### ASSIGNED TASK
Check every line of the entries below for the word "struct", then give only the number of lines that have it.

Saved entries
☆ ☆ ☆

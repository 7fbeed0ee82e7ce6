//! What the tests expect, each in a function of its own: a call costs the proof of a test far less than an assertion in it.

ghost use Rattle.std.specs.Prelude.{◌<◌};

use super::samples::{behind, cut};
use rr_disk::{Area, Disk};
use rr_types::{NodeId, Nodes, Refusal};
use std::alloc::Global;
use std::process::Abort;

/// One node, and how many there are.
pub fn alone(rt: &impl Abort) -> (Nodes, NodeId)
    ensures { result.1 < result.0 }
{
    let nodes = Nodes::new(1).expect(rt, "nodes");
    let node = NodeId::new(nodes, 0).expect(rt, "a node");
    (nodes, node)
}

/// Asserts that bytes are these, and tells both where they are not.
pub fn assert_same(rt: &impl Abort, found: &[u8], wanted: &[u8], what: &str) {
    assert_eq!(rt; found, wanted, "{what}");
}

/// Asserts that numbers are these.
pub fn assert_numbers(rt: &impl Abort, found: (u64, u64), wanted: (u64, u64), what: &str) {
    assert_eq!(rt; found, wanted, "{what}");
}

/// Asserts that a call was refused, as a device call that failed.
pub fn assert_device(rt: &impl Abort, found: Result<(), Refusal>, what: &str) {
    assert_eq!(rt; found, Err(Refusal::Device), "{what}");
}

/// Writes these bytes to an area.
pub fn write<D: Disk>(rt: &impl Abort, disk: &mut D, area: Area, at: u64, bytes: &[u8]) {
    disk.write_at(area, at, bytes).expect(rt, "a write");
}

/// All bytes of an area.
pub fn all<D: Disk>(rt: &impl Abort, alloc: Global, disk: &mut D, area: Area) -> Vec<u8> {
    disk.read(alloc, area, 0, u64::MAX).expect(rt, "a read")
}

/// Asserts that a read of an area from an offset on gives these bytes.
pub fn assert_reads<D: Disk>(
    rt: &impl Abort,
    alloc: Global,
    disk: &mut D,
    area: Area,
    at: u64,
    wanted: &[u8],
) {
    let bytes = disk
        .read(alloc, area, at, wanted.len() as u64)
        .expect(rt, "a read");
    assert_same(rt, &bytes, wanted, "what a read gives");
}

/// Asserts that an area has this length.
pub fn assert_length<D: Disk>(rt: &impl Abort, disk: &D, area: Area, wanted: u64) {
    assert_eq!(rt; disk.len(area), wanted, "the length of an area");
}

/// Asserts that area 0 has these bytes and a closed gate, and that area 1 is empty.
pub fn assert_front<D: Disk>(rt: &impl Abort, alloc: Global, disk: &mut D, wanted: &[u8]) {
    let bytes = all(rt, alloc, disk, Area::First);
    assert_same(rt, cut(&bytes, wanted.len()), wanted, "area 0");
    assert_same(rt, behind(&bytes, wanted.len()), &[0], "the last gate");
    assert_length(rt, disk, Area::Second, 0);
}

☆ ☆ ☆

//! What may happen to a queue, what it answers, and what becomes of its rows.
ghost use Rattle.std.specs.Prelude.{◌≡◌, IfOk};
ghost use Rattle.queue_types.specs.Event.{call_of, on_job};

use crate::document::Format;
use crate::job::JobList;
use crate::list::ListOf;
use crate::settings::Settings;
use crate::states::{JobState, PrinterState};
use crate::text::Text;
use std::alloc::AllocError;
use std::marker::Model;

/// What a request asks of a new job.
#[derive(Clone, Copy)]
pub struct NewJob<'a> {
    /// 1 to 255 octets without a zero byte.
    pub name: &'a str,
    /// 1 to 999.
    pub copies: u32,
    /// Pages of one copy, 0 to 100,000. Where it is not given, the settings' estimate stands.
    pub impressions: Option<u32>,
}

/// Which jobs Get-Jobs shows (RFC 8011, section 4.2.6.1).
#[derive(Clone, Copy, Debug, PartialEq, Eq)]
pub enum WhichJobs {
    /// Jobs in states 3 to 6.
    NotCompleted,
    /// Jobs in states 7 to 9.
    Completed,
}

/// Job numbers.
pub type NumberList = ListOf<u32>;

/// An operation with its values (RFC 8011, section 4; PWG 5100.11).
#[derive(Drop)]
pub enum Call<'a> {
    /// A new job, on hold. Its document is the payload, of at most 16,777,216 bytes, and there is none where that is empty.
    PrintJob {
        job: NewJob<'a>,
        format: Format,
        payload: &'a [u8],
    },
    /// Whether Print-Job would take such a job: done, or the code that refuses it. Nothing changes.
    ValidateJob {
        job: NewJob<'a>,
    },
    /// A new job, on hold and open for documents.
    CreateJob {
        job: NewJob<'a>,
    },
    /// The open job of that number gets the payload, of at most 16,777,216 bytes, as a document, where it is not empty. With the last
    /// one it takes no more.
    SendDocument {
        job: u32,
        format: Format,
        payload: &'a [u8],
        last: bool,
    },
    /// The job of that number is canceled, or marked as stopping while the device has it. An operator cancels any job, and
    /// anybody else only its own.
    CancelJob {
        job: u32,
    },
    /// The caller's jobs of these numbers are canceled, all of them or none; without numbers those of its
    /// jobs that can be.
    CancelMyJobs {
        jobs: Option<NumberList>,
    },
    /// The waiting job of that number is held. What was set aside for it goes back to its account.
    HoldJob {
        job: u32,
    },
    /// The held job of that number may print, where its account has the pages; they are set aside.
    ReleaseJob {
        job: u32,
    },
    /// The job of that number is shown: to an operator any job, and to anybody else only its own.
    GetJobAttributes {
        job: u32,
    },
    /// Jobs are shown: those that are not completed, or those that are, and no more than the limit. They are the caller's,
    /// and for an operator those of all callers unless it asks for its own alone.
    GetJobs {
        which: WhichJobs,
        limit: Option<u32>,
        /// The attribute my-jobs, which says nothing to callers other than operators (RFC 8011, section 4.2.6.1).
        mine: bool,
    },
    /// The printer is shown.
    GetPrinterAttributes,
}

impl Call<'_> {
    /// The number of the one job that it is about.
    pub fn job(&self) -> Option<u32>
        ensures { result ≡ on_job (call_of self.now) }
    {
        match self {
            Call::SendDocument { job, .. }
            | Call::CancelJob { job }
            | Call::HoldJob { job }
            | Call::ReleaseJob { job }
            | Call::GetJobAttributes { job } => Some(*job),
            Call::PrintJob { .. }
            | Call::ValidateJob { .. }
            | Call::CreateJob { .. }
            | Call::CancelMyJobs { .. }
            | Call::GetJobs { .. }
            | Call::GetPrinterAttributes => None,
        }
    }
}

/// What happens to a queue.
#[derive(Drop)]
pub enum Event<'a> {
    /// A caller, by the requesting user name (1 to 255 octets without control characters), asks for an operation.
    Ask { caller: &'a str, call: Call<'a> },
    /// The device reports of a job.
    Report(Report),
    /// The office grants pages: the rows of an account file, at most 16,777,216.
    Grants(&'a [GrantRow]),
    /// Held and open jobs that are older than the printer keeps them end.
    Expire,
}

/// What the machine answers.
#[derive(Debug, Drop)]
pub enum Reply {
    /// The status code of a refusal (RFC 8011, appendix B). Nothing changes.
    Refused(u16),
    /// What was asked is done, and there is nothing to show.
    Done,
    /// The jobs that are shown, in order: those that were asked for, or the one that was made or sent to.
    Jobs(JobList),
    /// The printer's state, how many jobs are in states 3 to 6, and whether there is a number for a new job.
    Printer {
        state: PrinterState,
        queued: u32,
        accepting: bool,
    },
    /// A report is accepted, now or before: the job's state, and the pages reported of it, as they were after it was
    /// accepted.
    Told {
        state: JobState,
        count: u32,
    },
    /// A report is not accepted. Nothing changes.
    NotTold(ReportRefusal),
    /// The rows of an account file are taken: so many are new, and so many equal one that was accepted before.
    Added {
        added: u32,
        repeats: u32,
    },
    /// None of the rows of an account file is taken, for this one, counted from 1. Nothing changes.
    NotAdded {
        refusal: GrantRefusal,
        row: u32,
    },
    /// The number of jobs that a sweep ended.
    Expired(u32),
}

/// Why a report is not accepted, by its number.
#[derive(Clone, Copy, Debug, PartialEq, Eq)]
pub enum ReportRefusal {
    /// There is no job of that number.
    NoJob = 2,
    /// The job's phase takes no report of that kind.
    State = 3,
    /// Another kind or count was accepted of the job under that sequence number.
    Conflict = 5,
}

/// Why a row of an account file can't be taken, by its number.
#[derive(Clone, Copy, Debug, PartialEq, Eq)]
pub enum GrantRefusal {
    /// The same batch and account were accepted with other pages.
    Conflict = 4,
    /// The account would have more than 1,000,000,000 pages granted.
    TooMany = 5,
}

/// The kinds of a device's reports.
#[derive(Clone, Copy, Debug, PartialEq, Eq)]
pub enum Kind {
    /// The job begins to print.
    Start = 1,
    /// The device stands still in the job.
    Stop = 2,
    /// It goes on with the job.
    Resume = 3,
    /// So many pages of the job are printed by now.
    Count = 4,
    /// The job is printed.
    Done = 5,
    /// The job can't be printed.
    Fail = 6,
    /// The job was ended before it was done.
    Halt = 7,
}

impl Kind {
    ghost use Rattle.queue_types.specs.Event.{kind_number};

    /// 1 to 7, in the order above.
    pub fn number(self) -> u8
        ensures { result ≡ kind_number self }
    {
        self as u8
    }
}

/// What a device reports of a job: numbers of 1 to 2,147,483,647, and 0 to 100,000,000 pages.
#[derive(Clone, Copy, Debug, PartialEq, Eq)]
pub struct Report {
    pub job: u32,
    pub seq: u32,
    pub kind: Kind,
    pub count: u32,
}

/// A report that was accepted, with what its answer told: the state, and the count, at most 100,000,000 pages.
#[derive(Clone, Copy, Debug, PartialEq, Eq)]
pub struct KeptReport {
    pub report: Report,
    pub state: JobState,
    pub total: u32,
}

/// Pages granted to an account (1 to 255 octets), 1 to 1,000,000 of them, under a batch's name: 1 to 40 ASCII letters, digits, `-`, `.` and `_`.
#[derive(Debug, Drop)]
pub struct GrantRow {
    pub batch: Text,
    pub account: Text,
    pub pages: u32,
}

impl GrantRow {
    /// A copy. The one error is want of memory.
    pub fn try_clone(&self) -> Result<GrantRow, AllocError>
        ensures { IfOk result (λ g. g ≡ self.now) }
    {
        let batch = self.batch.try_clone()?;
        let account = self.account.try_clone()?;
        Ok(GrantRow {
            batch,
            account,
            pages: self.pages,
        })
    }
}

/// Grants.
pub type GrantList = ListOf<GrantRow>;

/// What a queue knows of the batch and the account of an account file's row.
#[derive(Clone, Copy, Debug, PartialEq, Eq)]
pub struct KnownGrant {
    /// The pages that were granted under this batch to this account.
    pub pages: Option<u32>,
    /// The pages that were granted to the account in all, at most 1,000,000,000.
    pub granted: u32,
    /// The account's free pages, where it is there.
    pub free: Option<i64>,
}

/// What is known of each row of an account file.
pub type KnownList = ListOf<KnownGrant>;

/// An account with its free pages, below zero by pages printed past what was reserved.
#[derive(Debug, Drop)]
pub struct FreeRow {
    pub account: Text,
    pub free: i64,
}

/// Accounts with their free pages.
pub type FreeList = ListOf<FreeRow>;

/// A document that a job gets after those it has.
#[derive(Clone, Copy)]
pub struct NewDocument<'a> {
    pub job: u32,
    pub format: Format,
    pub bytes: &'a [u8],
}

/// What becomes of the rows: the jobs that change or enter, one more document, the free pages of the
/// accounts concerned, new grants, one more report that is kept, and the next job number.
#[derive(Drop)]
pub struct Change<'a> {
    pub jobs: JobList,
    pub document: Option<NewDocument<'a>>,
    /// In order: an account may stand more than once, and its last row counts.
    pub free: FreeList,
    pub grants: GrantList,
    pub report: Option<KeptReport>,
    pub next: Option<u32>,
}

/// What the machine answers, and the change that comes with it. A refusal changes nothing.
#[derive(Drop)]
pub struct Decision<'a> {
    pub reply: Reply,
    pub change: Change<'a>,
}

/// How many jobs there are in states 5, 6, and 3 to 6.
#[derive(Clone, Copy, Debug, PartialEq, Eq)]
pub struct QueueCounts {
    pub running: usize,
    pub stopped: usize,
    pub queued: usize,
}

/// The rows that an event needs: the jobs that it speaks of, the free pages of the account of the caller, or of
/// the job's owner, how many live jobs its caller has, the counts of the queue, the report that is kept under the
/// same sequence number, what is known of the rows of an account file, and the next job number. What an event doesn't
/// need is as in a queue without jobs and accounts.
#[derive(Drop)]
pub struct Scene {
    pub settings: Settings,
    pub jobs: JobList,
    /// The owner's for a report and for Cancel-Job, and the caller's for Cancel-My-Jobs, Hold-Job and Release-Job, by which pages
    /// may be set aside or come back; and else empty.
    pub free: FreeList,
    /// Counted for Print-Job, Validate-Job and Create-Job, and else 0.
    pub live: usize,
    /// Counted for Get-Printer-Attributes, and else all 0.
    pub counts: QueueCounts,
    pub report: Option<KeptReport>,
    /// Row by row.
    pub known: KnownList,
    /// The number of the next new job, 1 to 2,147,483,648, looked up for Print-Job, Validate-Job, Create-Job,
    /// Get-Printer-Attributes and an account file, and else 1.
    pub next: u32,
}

☆ ☆ ☆

### WRITTEN ANSWER
11